EXERCISE MATERIALS section start

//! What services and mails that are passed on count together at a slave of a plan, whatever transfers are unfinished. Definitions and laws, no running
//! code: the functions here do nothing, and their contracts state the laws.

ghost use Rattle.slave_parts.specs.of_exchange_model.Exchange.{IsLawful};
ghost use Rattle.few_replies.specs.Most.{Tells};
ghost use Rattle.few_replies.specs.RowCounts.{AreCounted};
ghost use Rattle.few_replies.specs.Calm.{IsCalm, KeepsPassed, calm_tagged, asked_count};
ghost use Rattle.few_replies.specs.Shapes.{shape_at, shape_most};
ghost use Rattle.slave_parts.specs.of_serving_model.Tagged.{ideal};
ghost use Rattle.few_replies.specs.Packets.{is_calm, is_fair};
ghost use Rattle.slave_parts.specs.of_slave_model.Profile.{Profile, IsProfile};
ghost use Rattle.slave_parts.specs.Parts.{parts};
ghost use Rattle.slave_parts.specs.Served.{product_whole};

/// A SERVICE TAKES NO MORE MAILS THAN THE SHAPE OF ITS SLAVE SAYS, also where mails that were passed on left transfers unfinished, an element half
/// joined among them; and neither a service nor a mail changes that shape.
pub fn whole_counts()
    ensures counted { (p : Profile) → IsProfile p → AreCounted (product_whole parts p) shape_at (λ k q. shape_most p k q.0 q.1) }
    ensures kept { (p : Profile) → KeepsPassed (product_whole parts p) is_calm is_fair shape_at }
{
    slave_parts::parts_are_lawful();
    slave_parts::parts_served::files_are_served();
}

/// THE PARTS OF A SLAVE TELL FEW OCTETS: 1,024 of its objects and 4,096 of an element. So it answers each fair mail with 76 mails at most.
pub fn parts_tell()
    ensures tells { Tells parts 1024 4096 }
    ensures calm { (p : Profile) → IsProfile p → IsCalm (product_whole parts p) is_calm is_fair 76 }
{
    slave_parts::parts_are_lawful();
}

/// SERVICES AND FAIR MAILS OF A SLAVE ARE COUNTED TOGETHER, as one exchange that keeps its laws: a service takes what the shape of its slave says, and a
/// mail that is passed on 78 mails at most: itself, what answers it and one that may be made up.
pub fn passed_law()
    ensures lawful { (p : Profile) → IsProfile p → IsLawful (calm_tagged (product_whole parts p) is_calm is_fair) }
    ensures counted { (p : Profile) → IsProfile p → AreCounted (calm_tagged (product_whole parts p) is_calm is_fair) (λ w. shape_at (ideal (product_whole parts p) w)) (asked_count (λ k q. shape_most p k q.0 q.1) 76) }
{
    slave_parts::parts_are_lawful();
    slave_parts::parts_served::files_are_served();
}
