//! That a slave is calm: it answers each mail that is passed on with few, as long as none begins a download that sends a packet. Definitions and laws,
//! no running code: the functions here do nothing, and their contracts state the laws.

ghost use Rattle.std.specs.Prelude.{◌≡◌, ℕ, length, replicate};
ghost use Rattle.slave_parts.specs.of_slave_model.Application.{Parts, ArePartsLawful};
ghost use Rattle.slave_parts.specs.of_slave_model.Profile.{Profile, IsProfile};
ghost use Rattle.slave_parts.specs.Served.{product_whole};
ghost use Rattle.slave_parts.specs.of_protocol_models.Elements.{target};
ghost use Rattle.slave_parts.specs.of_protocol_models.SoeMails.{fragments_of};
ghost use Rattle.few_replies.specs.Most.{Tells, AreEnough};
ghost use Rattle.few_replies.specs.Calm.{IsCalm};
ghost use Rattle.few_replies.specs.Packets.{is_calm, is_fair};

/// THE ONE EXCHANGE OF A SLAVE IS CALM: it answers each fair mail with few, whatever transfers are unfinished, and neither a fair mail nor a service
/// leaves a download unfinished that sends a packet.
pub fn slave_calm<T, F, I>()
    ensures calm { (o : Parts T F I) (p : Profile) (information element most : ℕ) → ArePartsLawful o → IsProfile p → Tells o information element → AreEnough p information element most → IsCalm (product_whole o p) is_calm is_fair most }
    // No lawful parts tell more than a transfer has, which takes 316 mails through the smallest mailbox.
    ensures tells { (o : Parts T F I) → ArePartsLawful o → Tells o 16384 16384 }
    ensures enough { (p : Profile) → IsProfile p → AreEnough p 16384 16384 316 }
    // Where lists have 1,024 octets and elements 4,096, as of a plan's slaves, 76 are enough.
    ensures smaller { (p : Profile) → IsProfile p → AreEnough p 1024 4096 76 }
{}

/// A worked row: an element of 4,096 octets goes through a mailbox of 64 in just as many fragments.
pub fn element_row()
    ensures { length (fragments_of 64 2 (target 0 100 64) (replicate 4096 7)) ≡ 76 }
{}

EXERCISE MATERIALS section end

:: ABOUT THIS EXERCISE ::
Which lines of the listing contain the string "running"? Copy every one of them.

:: THE ANSWER ::
//! What services and mails that are passed on count together at a slave of a plan, whatever transfers are unfinished. Definitions and laws, no running
//! no running code: the functions here do nothing, and their contracts state the laws.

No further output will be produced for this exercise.